深沉的夜色籠罩著德意志西部邊陲小鎮,萬籟俱靜,昏黃的路燈無力地飄忽閃爍,小巷街頭早已人跡全無,只有夜行動物在蟋蟀的歡叫聲中活躍流竄,偶爾,還會聞得幾下狗吠聲,電燈標示著這個古老的小鎮已經處於電力支配下的文明時代,否則,如果舉著火把在這樣的夜晚行走,會讓人覺得彷彿穿越回到了那個愚昧與進步並存的中世紀。

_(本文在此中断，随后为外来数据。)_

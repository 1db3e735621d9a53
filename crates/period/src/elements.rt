//! Where the parts of a POP stand.

ghost use Rattle.std.specs.Prelude.{◌≡◌};
ghost use Rattle.syntax.specs.Pieces.{part_of};
ghost use Rattle.parts.specs.Places.{bytes_of};
ghost use Rattle.period.specs.Elements.{element_found, text_in, again_in};

use parts::{Part, bytes_of, part_at};

// Where an element of a POP stands, and its first occurrence.
#[derive(Clone, Copy)]
pub(crate) struct Element {
    whole: Part,
    once: Part,
}

/// Component c of element e as written, in its first occurrence.
pub fn part_of(s: &[u8], segment: Part, e: usize, c: usize) -> &[u8]
    ensures { result.now ≡ part_of (bytes_of s.now segment) e 1 c }
{
    bytes_of(s, part_at(s, segment, e, 1, c))
}

// An element of the segment and its first occurrence, found once: an element may be long, and most of it not read.
pub(crate) fn find_element(s: &[u8], segment: Part, e: usize) -> Element
    ensures { result ≡ element_found s.now segment e }
{
    let whole = parts::element(s, segment, e);
    let once = parts::occurrence(s, whole, 1);
    Element { whole, once }
}

// The second element, found from the end of the first, which need not be passed again.
pub(crate) fn find_second(s: &[u8], segment: Part, first: Element) -> Element
    requires { first ≡ element_found s.now segment 1 }
    ensures { result ≡ element_found s.now segment 2 }
{
    let whole = first.whole;
    if whole.from == 0 {
        return find_element(s, segment, 2);
    }
    find_element(
        s,
        Part {
            from: whole.to,
            to: segment.to,
        },
        1,
    )
}

// Component c of the first occurrence as written.
pub(crate) fn text_in(s: &[u8], found: Element, c: usize) -> &[u8]
    ensures { result.now ≡ text_in s.now found c }
{
    bytes_of(s, parts::component(s, found.once, c))
}

// Whether the element goes on behind its first occurrence.
pub(crate) fn is_repeated(s: &[u8], found: Element) -> bool
    ensures { result ≡ again_in s.now found }
{
    let end = found.once.to;
    if found.whole.to <= end {
        return false;
    }
    end < s.len()
}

清脆的腳步聲噔噔地響起,暗夜無人的街道上,卻鮮有地出現一個魁梧身影,這是一個黑衣男子,因膚色與黑夜底色相同之故,他幾乎成了一個“隱形人”,此外,他戴著領帽,只有一雙烔亮的眼睛帶著謹慎抵防的眼神在昏暗的夜晚格外鮮明,當然,如果還有人注意到的話。然而,事實上他也必須成為一個隱身人,因為,他在這裡現身並執行的事項需要做到絕對隱秘,如果行蹤洩漏,他真的會成為一個消失在黑暗中的“隱形人”。這種說法並無恐怖誇張之處,他們這類人本身就生活在世界的陰暗處,這個黑色領域給予可觀財富與榮耀的同時,也同樣會降下不測的死亡與危險。在他們的生活裡更是不乏諸如此類的範例,形容得直白點,他們過的就是刀口舔血的營生,而且,這絕非普通黑幫那樣的刀劍交加,他們這類人之間要是相互傾軋,可以是一次陰險血腥的謀殺,也可以是一場生靈塗炭的戰爭,從古至今絕無例外。

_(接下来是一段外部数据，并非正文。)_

//! The two forms of days: the day string, 4440, and the weekdays, 2160.

ghost use Rattle.std.specs.Prelude.{◌≡◌};
ghost use Rattle.syntax.specs.Bytes.{plain};
ghost use Rattle.parts.specs.Places.{present};
ghost use Rattle.period.specs.Period.{day_string, fits_days, rising_days, formed_of};

use crate::{Fault, Form};
use values::characters;

// Whether a part says anything.
fn is_present(part: &[u8]) -> bool
    ensures { result ≡ present (plain part.now) }
{
    characters(part).next().is_some()
}

// Whether a part is of `0` and `1` alone, at most one for each of n days. In a function of its own, so that the count stays out of memory: among all
// the values of the callers there is no register left for it.
#[inline(never)]
fn is_day_string(part: &[u8], n: usize) -> bool
    ensures { result ≡ day_string n (plain part.now) }
{
    // One walk, which stops at the first character that is wrong or one too many.
    let mut left = n;
    for b in characters(part) {
        if left == 0 || b < b'0' || b'1' < b {
            return false;
        }
        left -= 1;
    }
    true
}

// A day string that is absent is right too.
fn fits_days(part: &[u8], n: usize) -> bool
    ensures { result ≡ fits_days n (plain part.now) }
{
    if is_present(part) {
        return is_day_string(part, n);
    }
    true
}

// Whether the weekdays rise from each to the next.
#[tactic(auto, unfolding(crate::specs::Period::rising_days))]
fn is_rising(part: &[u8]) -> bool
    ensures { result ≡ rising_days 48 (plain part.now) }
{
    let mut low = b'0';
    for b in characters(part) {
        if b <= low || b'7' < b {
            return false;
        }
        low = b;
    }
    true
}

// What tells the days of a period of n days, each form judged by itself; where neither is given, the caller's wish decides.
pub(crate) fn read_form(days: &[u8], weekdays: &[u8], n: usize, wish: bool) -> Result<Form, Fault>
    ensures { result ≡ formed_of wish n (plain days.now) (plain weekdays.now) }
{
    let fits = fits_days(days, n);
    let rises = is_rising(weekdays);
    if !fits {
        return Err(Fault::BadDayString);
    }
    if !rises {
        return Err(Fault::BadWeekdays);
    }
    if is_present(days) {
        if is_present(weekdays) {
            return Err(Fault::BothForms);
        }
        return Ok(Form::ByString);
    }
    if is_present(weekdays) {
        return Ok(Form::ByWeekdays);
    }
    if wish {
        return Ok(Form::Every);
    }
    Err(Fault::NeitherForm)
}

此外,此刻該名黑人男子正在充當一名特使,或者,一名代表背叛的特使更符合其本身的定義,所以,他還得懷著小心翼翼的神情徒步邁向約定地點。至於為何只能步行而不得使用交通工具,則是因為約見者的要求,或許這樣的要求顯得滑稽兼且無理,但卻是這趟約見之行必定會附加的額外成本,可要知道就在此時,他們兩者代表的勢力還是不共戴天的仇敵,在此之前還發生過一場震驚世界的火併,而那場火併其實更應該說成是戰爭,它不但造成大量的人命傷亡,甚至令事發地區的政治版圖起了變化,可想而知,在野黨會怎樣利用這次事件攻擊對此束手無策的執政黨。

而讓他步行前往約定地點也不是為了試探其本人的膽量,可想而知,這般人物懼怕的事物絕不可能包含黑夜,如此安排其實是在施加一種心理壓力,好讓他這名“特使”不能昂首挺胸、從從容容地達到目的。另外,正因為此刻這名黑人男子還是一名“叛逆者”,他才要小心翼翼地抵防那張遍佈歐亞大陸,由自身組織經營、幾乎無孔不入的情報網。可以想象,一個暗夜之時出現在寂靜小鎮中的陌生男子,如果讓好事之人查覺並且發生誤會會是何等情形,那樣的話,他的行蹤不用對手洩露都將大宣於天下,也就是說,對手不費吹灰之力便會讓他陷於絕境,而他的死活才與約見者無關,冷眼相觀一場對於自身來說是灰色喜劇的悲劇也不會肉痛,這個黑人男子會為此付出何等代價都是自作自受。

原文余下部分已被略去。